Moreover, a simple MHT correction will not, I think, deal very well with the case where there are great differences in the Signal Noise ratios of the assets. The 'stinker' assets with low SNR will simply spoil our inference, unlikely to have much influence on which asset shows the highest Sharpe ratio, and only causing us to increase our significance threshold.

With my superior googling skills I recently discovered a 2013 paper by Lee et al, titled Exact Post-Selection Inference, with Application to the Lasso. While aimed at the Lasso, this paper includes a procedure that essentially solves our problem, giving hypothesis tests or confidence intervals with nominal coverage on the asset with maximal Sharpe among a set of possibly correlated assets.

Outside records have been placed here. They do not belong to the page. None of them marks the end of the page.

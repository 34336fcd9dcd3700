//! Formulas over terms and over formulas with earlier numbers.

/// The parts of a formula, of which there are three at most.
pub(crate) type Parts = [Option<usize>; 3];

/// A formula.
#[derive(Clone, Copy, PartialEq, Eq)]
pub(crate) enum Node {
    Equal {
        positive: bool,
        left: usize,
        right: usize,
    },
    Atom {
        positive: bool,
        term: usize,
    },
    Each(Parts),
    Either(Parts),
    Forall(usize),
}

The Lee et al paper assumes one observes $$p$$-vector

$$y \sim \mathcal{N}\left(\mu,\Sigma\right).$$

Then conditional on $$y$$ falling in some polyhedron, $$Ay \le b$$, we wish to perform inference on $$\nu^{\top}y$$. In our case the polyhedron will be the union of all polyhedra with the same maximal element of $$y$$ as we observed. That is, assume that we have reordered the elements of $$y$$ such that $$y_1$$ is the largest element. Then $$A$$ will be a column of negative ones, cbinded to the $$p-1$$ identity matrix, and $$b$$ will be a $$p-1$$ vector of zeros. The test is defined on $$\nu=e_1$$ the vector with a single one in the first element and zero otherwise.

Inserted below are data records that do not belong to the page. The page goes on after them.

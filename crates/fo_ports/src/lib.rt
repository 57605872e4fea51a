//! Blocks: what a block cache promises to all that stands on it.
#![tactic(auto)]

mod blocks;
mod error;
mod sources;

pub use blocks::Blocks;
pub use error::BlockError;
pub use fo_crash::{Place, Slot};
pub use sources::Bytes;

// Passed on, so that a crate above names this one alone.
pub use fo_base::BLOCK;
pub use fo_disk::{Disk, Failed};
pub use fo_meta::{Kind, Pointer, Score, is_zero, read_pointer, score_at};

Their method works by decomposing the condition $$Ay \le b$$ into a condition on $$\nu^{\top}y$$ and a condition on some $$z$$ which is normal but independent of $$\nu^{\top}y$$. You can think of this as kind of inverting the transform by $$A$$. After this transform, the value of $$\nu^{\top}y$$ is restricted to a line segment, so we need only perform inference on a truncated normal.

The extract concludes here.